* Data:
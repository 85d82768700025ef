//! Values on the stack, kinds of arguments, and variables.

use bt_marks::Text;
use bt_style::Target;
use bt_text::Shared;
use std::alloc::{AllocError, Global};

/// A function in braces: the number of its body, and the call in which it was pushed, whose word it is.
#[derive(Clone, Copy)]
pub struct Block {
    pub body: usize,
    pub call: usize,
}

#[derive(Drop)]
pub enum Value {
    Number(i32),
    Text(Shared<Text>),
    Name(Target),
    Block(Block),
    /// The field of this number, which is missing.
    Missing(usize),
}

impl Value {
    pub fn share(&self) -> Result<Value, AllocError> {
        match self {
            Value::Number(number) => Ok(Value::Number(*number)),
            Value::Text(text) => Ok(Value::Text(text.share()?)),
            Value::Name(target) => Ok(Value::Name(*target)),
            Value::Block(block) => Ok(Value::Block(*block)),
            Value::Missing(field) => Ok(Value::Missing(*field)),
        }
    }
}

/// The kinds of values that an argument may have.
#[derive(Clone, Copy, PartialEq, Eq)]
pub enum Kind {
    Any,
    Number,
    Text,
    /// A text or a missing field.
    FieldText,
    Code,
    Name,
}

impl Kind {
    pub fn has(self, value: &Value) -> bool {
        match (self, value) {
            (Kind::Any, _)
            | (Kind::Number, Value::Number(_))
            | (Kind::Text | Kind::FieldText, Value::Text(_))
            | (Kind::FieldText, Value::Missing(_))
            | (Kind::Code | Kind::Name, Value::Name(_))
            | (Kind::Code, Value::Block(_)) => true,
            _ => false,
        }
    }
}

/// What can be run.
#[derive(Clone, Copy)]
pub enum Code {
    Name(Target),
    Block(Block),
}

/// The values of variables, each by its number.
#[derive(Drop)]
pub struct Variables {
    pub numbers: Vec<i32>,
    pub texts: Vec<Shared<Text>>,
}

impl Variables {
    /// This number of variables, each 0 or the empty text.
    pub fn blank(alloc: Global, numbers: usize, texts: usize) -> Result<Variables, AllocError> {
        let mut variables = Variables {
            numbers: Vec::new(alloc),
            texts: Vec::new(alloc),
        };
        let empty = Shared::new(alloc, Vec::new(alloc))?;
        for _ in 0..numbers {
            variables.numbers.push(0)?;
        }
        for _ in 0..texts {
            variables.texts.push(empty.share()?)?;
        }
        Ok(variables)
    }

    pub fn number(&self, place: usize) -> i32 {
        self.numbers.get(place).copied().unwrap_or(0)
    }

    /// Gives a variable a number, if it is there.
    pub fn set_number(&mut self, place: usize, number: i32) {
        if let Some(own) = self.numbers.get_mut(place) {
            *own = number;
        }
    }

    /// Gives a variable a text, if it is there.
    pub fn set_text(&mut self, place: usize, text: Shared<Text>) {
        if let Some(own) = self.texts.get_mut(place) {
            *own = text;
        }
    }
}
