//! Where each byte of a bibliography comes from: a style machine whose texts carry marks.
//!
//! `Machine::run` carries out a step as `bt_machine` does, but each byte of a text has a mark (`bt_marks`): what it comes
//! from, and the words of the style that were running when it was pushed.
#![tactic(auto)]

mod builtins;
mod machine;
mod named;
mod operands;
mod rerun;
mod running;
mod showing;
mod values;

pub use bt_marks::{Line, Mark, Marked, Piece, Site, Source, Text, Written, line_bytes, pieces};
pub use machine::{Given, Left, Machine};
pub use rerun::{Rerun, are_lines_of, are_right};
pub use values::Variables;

* Task directions: Taking the line with "(Kind::Code, Value::Block(_)) =>" as the first and the line with "for _ in 0..numbers" as the last, retype that stretch of the data above exactly, with no other lines.

* Solution:
            | (Kind::Code, Value::Block(_)) => true,
            _ => false,
        }
    }
}

/// What can be run.
#[derive(Clone, Copy)]
pub enum Code {
    Name(Target),
    Block(Block),
}

/// The values of variables, each by its number.
#[derive(Drop)]
pub struct Variables {
    pub numbers: Vec<i32>,
    pub texts: Vec<Shared<Text>>,
}

impl Variables {
    /// This number of variables, each 0 or the empty text.
    pub fn blank(alloc: Global, numbers: usize, texts: usize) -> Result<Variables, AllocError> {
        let mut variables = Variables {
            numbers: Vec::new(alloc),
            texts: Vec::new(alloc),
        };
        let empty = Shared::new(alloc, Vec::new(alloc))?;
        for _ in 0..numbers {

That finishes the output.